Savard hated these memories, and he was ashamed of his family. He never drove his Porsche there, and he never took his wife there. He was also frightened of his older brother, Fortune, who was a drunk. But it was Fortune who knew that Armand was ashamed of them, and he couldn’t look Fortune in the face.
Fortune, one time, brought him over ten bottles of pickled herring that his wife had done, and then he found them in the dump the next week. Fortune never spoke of it, and when Armand spoke about how good the pickled herring was, he looked over Armand’s right shoulder into the distance.
Fortune had paid for Armand’s education. Armand, on the surface, became a meticulous and sophisticated teenager – the kind that only an Acadian can be, with a worldly outlook even though he lived in a shack – while his sisters got married at sixteen and seventeen and his brothers worked in the woods.

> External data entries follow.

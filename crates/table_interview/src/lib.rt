// The interview of the complete table in a file (01: the program): beats until the last, each line written out when it is known.
#![tactic(auto)]

ghost use Rattle.context.specs.Parts.{mutable, shared};
ghost use Rattle.std.specs.Prelude.{[], ◌*◌, ◌≤◌, length};
ghost use Rattle.context.specs.Objects.{objects_of};
ghost use Rattle.machine.specs.Machine.{opening};
ghost use Rattle.handed_output.specs.Handing.{Tells, Writes};
ghost use Rattle.transcript.specs.Output.{interviewed, output_with};
ghost use Rattle.transcript.specs.Core.Along.{Along};
ghost use Rattle.interview_replies.specs.Holding.{holding, held};
ghost use Rattle.table_interview.specs.Places.{lent, places_for, Holds};
ghost use Rattle.table_replies.specs.Reply.{tabled};
ghost use Rattle.interview_beat.specs.Running.{remaining};

use std::io::Write;

// The bytes of a buffer that holds every output whole.
pub const OUTPUT_BYTES: usize = 163840;

// Beats until the last. A line is handed over when it is known.
fn run_beats<W: Write>(
    table: &[u64],
    objects: usize,
    start: interview_replies::Interview,
    rows: &mut [u64],
    list: &mut [u64],
    out: &mut [u8],
    writer: &mut W,
    before: handed_output::Handed,
) -> handed_output::Told
    requires along { Along (objects_of objects table.now) (holding start rows.old list.old) start.changes }
    requires objects_in_bounds { objects * 2 ≤ length table.now }
    ensures { Tells out before result (remaining (tabled objects (shared table)) (held start (mutable rows) (mutable list)) start.changes) }
{
    let mut interview = start;
    let mut at = 0;
    let mut handed = before;
    loop {
        let beaten = interview_beat::advance(table, objects, rows, list, interview, out, at);
        let end = beaten.at;
        handed = handed_output::hand_over(writer, out, at, end, handed);
        let Some(next) = beaten.next else {
            return handed_output::Told { end, handed };
        };
        at = end;
        interview = next;
    }
}

// The interview of a complete table whose rows are in words, from its opening on.
fn interview_table<W: Write>(
    table: &[u64],
    objects: usize,
    n: usize,
    rows: &mut [u64],
    list: &mut [u64],
    out: &mut [u8],
    writer: &mut W,
    before: handed_output::Handed,
) -> handed_output::Told
    requires { Holds n objects table.now }
    ensures { Tells out before result (interviewed (tabled objects (shared table)) (opening n (lent (mutable rows) (mutable list)) [] [])) }
{
    match session_opening::open(n, 0, rows, list, &table[..0]) {
        Err(refusal) => handed_output::write_refusal(refusal, out, writer, before),
        Ok(session) => {
            let start = interview_replies::Interview {
                n: session.n,
                rows: session.rows,
                rules: session.rules,
                current: session.current,
                changes: 0,
            };
            run_beats(table, objects, start, rows, list, out, writer, before)
        }
    }
}

// The program's whole output for a table file, in a lent buffer and, line by line as it becomes known, to the writer, with
// this many places for rows and rules, of those of a session.
pub fn hold<W: Write>(
    file: &[u8],
    row_places: usize,
    rule_places: usize,
    out: &mut [u8; OUTPUT_BYTES],
    writer: &mut W,
) -> handed_output::Told
    ensures { Writes out result (output_with (places_for row_places rule_places) file.now) }
{
    let mut table = [0u64; session::Session::ROWS * 2];
    let mut rows = [0u64; session::Session::ROWS * 2];
    let mut list = [0u64; session::Session::RULES * 2];
    let row_words = row_places.min(session::Session::ROWS) * 2;
    let list_words = rule_places.min(session::Session::RULES) * 2;
    let before = handed_output::Handed {
        bytes: 0,
        whole: true,
    };
    match table_marks::read_complete(file, &mut table) {
        Err(refusal) => handed_output::write_refusal(refusal, out, writer, before),
        Ok(layout) => interview_table(
            &table,
            layout.objects,
            layout.attributes,
            &mut rows[..row_words],
            &mut list[..list_words],
            out,
            writer,
            before,
        ),
    }
}
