//! What an event needs, made before it happens: lines, places in the tables, a transaction that begins, and what follows.
ghost use Rattle.std.specs.Prelude.{if◌then◌else◌, ◌≡◌, ◌+◌, ◌<◌, ◌≤◌, ℕ, length, map, true, IfOk, OnOk};
ghost use Rattle.std.specs.Option.{option_and_then, option_copied, option_map_or};
ghost use Rattle.tip_table.specs.Kept.{of};
ghost use Rattle.tip_machine.specs.Connections.{key_queried};
ghost use Rattle.tip_machine.specs.Counts.{HasCounts};
ghost use Rattle.tip_machine.specs.Given.{are_numbered};
ghost use Rattle.tip_machine.specs.Steps.{is_open, wants};
ghost use Rattle.tip_machine.specs.Requests.{owner};
ghost use Rattle.tip_machine.specs.States.{identified_by};
ghost use Rattle.tip_machine.specs.Types.{seen};
ghost use Rattle.tip_outlook.specs.Endings.{EndsBy};
ghost use Rattle.tip_outlook.specs.Wanting.{foreseen};
ghost use Rattle.tip_rules.specs.Needs.{MayJoin, Suits, begins_on, connections_for, joined_by, lines_needed, number_in, ours_needed, own_of, peer_needed, room_needed, transactions_for, word_needed};
ghost use Rattle.tip_rules.specs.Pursuing.{named_in, named_of, superior_in, superior_of, word_for};
ghost use Rattle.tip_rules.specs.Works.{lines_as, lines_asked, lines_for, lines_of, lines_on, work_of};

use crate::making::{Making, Words};
use crate::reaching::subordinate_of;
use crate::room::Room;
use crate::transaction_room::HeldRoom;
use crate::work::Work;
use std::alloc::{AllocError, Global};
use tip_branch::HeldParty;
use tip_line::{Address, Command, Id};
use tip_machine::{Awaited, Connection, Event, Heard, Origin, Purpose, Role, Transaction};
use tip_outlook::{Next, OnKey};
use tip_rows::Key;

He married a woman from Sackville, and he had always felt superior to her, and, as people noticed, superior to women in general. They had four children.
Fortune was a huge, ignorant man, who had hardly learned how to read and write, who was frightened to go into restaurants, and yet Armand had secretly always looked up to him and tried to impress him.
Armand remembered a group of English kids one day had surrounded him at the beach, and how Fortune had come over and had willingly taken the beating to protect his younger brother. And though he was ignorant and went to church just like his father and mother, and blessed himself every time he passed the big church down river, and had his wife bake for the Feast of the Assumption – just like his mother – Armand always felt that he had to prove himself to this
man, who so willingly had taken a beating for him when they were youngsters, and had paid for his first suit in 1966.
No matter what Armand did, he could not impress him and the fault lay in the fact that he tried to impress him, with talk that Fortune did not care about or understand. Fortune would only shrug, and even pick at his nose with the flat of his finger and stare morosely about, as if wanting to be impressed left him disappointed.
Fortune didn’t understand things about his brother. He didn’t understand about the pills he gave out – Fortune never had a pill in his life – or the operations. But he still thought the world of his brother.
One day he was told that his brother performed abortions, and all the young women would go to him and have them.
It was a spiteful old woman who had no children of her own, who had always hated their family, who told him, but Fortune was upset. He went home and asked his wife about it. First he had to know what an abortion was. His wife told him.
For Fortune, this was the worst thing in the world. He didn’t understand it. He couldn’t understand it, and the more he tried, the more it worried him. He did not want to tell his mother. His father had died years ago – a horse had kicked him in the back.
“No, I won’t tell Mama,” he said, and this seemed to relieve him.
There was still sun on the ground and he went out for a walk.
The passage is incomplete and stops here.